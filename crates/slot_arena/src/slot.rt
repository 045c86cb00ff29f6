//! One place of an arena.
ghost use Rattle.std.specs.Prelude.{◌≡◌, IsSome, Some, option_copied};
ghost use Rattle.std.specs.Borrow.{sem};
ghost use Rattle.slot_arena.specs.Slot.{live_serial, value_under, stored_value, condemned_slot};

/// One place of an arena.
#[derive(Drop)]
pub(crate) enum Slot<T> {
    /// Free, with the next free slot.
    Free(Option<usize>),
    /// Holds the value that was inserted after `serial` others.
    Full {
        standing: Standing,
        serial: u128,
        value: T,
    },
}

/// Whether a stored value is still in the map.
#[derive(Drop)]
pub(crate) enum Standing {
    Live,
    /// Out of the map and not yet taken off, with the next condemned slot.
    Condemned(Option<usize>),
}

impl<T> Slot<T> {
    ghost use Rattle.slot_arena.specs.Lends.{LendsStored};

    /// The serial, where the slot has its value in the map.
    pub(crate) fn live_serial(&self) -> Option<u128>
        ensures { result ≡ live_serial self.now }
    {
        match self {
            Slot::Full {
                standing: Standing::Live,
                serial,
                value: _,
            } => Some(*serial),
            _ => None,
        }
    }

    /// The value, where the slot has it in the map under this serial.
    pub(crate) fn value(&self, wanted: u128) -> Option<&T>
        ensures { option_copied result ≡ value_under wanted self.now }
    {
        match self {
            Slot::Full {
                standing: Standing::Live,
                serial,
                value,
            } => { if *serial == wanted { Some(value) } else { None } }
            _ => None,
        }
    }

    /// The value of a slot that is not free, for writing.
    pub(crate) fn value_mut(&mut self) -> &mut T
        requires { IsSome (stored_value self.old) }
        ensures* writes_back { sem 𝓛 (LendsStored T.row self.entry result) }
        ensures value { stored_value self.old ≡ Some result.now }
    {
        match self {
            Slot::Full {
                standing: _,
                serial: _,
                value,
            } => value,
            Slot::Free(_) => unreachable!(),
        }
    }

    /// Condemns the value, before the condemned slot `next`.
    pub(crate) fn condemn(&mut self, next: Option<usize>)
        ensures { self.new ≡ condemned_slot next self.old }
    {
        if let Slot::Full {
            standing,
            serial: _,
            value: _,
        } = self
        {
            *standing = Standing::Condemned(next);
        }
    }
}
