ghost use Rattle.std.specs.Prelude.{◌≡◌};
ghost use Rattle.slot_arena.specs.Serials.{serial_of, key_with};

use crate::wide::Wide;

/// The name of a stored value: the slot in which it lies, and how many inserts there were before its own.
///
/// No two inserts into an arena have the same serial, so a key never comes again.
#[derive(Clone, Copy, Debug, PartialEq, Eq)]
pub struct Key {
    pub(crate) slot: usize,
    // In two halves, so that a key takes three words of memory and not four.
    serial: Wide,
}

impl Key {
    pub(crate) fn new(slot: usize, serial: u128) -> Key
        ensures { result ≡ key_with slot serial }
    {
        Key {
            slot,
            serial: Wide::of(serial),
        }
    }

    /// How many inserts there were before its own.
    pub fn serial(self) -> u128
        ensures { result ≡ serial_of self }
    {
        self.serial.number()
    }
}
...
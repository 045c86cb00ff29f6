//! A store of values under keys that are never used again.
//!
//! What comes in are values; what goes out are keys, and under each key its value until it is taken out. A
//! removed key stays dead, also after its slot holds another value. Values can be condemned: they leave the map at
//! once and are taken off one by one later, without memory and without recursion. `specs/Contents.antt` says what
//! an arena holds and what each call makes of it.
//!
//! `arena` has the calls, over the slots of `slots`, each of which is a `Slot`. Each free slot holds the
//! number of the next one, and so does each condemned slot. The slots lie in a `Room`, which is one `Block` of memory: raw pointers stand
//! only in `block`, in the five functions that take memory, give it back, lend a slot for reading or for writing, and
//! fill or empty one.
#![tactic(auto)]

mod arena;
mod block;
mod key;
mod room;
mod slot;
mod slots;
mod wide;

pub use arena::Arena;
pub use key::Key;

**Exercise requirements:** Run a filter over the data above and keep each line that contains the word "before".

**Finished exercise:**
    /// Condemns the value, before the condemned slot `next`.
/// The name of a stored value: the slot in which it lies, and how many inserts there were before its own.
    /// How many inserts there were before its own.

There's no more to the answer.